__Entries provided__.
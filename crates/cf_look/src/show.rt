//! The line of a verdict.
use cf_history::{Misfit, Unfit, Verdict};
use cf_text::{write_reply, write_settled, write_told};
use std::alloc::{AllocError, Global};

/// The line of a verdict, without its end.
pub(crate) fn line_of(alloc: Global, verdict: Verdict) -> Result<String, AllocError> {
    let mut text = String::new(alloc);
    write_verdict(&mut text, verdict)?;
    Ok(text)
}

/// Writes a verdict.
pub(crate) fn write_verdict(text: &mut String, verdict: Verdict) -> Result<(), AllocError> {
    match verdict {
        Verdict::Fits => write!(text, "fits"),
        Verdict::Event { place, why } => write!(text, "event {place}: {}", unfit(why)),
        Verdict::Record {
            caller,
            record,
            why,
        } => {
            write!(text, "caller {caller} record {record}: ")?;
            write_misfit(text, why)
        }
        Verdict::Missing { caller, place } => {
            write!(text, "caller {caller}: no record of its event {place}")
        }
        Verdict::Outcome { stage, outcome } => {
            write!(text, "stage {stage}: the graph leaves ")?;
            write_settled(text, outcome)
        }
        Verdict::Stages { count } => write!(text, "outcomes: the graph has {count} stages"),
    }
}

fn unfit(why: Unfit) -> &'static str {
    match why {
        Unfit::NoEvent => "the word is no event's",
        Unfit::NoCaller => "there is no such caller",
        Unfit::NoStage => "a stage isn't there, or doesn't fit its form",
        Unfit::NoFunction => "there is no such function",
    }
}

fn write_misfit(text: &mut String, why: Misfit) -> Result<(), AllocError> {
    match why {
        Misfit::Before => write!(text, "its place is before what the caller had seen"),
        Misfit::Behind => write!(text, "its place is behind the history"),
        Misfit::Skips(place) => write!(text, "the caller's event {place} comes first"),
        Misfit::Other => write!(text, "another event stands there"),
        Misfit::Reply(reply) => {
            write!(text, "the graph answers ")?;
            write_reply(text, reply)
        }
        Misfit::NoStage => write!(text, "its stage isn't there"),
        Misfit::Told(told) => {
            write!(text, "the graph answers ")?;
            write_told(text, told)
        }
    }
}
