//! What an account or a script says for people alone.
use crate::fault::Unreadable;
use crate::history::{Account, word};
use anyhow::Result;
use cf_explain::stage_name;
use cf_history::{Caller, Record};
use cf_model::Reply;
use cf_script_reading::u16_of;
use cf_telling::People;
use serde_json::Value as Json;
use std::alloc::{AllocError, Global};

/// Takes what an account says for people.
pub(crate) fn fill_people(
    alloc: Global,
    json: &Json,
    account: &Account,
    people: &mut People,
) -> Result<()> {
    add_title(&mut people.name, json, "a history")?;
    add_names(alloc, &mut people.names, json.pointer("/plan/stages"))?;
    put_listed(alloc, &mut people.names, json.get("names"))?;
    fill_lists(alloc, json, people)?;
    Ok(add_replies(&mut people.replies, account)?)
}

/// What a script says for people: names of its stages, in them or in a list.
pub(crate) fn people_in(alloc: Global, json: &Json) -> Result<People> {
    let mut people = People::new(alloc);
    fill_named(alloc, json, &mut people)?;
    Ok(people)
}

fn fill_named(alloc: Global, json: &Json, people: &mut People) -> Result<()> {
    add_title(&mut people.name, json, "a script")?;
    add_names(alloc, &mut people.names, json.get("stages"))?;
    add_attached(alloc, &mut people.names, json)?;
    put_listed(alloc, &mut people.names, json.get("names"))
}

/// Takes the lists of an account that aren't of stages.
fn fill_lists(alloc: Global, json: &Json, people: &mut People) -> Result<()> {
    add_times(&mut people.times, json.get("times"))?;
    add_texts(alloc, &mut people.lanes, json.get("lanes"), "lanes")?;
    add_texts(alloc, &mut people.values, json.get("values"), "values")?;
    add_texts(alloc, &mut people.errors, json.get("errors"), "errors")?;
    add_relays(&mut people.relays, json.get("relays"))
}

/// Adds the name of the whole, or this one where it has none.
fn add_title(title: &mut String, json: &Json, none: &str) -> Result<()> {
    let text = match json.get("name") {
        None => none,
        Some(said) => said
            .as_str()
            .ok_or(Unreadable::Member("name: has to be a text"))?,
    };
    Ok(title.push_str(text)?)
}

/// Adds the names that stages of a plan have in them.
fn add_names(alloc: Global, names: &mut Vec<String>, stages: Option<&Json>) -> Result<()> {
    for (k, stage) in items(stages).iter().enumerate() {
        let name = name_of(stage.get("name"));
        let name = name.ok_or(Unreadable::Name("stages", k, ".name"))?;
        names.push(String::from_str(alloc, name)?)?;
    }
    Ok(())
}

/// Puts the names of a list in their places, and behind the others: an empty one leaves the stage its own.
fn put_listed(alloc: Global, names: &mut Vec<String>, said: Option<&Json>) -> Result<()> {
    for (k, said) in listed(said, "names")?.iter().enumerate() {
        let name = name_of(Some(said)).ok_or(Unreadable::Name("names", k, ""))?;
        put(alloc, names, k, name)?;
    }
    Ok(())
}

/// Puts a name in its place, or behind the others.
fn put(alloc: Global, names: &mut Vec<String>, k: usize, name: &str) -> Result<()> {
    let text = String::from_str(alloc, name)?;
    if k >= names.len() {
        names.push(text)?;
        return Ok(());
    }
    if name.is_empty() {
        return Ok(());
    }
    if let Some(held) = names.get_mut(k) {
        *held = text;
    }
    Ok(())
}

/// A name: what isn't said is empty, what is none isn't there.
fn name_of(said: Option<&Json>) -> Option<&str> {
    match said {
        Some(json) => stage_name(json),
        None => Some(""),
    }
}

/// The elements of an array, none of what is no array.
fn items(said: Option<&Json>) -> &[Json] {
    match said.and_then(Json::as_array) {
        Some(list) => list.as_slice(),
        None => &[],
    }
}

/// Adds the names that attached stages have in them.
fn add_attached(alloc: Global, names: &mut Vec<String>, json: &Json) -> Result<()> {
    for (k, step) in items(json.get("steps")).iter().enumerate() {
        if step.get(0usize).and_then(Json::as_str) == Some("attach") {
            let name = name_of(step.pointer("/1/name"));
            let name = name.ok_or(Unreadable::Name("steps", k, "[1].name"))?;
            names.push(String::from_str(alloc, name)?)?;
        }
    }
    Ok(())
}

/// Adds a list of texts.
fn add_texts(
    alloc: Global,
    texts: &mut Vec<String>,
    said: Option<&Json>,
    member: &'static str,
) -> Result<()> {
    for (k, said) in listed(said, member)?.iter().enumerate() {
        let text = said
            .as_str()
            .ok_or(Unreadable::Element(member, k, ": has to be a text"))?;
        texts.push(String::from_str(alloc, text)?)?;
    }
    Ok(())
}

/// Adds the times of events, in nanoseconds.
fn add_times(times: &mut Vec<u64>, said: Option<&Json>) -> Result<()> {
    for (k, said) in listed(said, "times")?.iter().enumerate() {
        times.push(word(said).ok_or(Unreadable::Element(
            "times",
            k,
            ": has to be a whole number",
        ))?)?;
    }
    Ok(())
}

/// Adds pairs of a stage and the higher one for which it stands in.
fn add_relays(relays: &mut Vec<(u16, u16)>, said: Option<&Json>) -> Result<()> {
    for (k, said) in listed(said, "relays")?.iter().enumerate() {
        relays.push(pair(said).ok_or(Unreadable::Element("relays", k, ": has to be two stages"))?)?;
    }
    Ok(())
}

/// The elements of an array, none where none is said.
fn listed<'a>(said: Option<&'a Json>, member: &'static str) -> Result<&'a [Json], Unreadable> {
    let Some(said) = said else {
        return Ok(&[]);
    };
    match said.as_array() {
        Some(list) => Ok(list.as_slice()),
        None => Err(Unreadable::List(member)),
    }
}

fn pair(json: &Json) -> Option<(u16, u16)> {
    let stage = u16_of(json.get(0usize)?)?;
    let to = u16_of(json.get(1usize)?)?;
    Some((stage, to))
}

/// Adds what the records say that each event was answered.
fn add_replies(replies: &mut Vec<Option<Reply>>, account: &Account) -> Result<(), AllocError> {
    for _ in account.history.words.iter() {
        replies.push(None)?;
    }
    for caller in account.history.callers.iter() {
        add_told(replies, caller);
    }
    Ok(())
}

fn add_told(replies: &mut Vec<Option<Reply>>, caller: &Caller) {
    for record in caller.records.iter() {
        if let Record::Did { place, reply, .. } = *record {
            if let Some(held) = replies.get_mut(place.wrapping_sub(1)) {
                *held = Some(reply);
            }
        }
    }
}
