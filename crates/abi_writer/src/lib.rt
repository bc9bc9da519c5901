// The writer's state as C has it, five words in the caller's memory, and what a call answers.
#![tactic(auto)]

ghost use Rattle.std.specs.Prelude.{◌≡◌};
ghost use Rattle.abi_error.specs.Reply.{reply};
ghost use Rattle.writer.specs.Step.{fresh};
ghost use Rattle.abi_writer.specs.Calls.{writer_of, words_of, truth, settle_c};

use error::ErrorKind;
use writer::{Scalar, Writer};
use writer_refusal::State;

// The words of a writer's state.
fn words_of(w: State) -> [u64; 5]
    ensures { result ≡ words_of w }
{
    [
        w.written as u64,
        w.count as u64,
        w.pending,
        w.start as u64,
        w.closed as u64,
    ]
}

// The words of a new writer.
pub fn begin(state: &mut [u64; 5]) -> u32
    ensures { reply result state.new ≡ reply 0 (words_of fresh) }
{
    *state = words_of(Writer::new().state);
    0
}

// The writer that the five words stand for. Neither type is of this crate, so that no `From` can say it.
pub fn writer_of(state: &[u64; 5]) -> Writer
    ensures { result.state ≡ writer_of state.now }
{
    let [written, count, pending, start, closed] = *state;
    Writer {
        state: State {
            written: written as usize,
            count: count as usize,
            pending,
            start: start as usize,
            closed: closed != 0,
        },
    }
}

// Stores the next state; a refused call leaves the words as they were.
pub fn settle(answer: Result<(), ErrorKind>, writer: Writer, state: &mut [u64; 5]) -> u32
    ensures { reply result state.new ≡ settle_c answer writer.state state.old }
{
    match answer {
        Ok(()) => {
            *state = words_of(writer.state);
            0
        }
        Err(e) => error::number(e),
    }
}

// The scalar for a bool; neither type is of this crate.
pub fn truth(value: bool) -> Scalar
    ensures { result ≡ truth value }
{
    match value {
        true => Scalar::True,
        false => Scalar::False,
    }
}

__What you should do__. Say how many lines above include "number", please, and nothing else.

__Answer box__. 2